Find the lines below that contain "what" and tally them. Return only the total.
START Supplied entries
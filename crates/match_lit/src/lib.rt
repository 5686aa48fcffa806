// Single bytes, literals, the later of two ends, and a range cut where a comment begins in it.
//
// Proved: the answer of each function is what the definition gives, at any offset of any bytes.
// Assumed: nothing but, of `no_comment`, that its range lies in the text.
#![tactic(auto)]

ghost use Rattle.std.specs.Prelude.{◌≡◌, ◌&&◌, ◌||◌, ◌+◌, ◌≤◌, eqb, leb, length};
ghost use Rattle.definition.specs.Text.{byte_has, byte_is};
ghost use Rattle.definition.specs.Matchers.{◌then◌, later, match_lit, no_comment};

// The byte b stands at i.
#[tactic(auto, unfolding(definition::specs::Text::byte_has))]
pub fn byte_is(text: &[u8], i: usize, b: u8) -> bool
    ensures { result ≡ byte_is b text.now i }
{
    text.get(i) == Some(&b)
}

// A byte beyond ASCII stands at i.
#[tactic(auto, unfolding(definition::specs::Text::byte_has))]
pub fn beyond_ascii_at(text: &[u8], i: usize) -> bool
    ensures { result ≡ byte_has (λ b. leb 0x80 b) text.now i }
{
    text.get(i).is_some_and(|&b| 0x80 <= b)
}

// One of two bytes stands at i.
#[tactic(auto, unfolding(definition::specs::Text::byte_has))]
pub fn byte_either(text: &[u8], i: usize, a: u8, b: u8) -> bool
    ensures { result ≡ byte_has (λ c. eqb c a || eqb c b) text.now i }
{
    text.get(i).is_some_and(|&c| c == a || c == b)
}

// The byte a stands at i, and b at the offset after it.
pub fn byte_pair(text: &[u8], i: usize, a: u8, b: u8) -> bool
    ensures { result ≡ byte_is a text.now i && byte_is b text.now (i + 1) }
{
    byte_is(text, i, a) && byte_is(text, i + 1, b)
}

// The later of two ends; finding nothing is before every end.
pub fn later(a: Option<usize>, b: Option<usize>) -> Option<usize>
    ensures { result ≡ later a b }
{
    a.max(b)
}

// The end of a literal, which is matched byte by byte.
pub fn match_lit(text: &[u8], word: &[u8], i: usize) -> Option<usize>
    ensures { result ≡ match_lit text.now word.now i }
{
    let mut at = i;
    for b in word {
        if !byte_is(text, at, *b) {
            return None;
        }
        at += 1;
    }
    Some(at)
}

// The end of a literal after what another matcher found.
pub fn lit_after(text: &[u8], m: Option<usize>, word: &[u8]) -> Option<usize>
    ensures { result ≡ (m then match_lit text.now word.now) }
{
    match_lit(text, word, m?)
}

// The range from i to e cut at the first // in it.
pub fn no_comment(text: &[u8], i: usize, e: usize) -> usize
    requires { (i ≤ length text.now) × (e ≤ length text.now) }
    ensures { result ≡ no_comment text.now i e }
{
    for j in i..e.saturating_sub(1) {
        if byte_pair(text, j, b'/', b'/') {
            return j;
        }
    }
    e
}
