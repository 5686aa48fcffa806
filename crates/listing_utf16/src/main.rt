// The listing with an editor's positions (document 02, K2): the lines of document 01's listing program (crate `listing_rounds`), but lines
// count from 0, and columns count UTF-16 units.
//
// Proved: what that crate says, of the second run. What it writes for a text with characters above U+FFFF is compared with the file stdout.
#![tactic(auto)]

use either_run::Saved;
use std::io;

fn main(rt: HostRuntime) -> io::Result<()> {
    let state = lexer::utf16::start(1, 0).unwrap();
    listing_rounds::list_input(&rt, Saved::Utf16(state))
}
END Supplied entries
[Task output]
3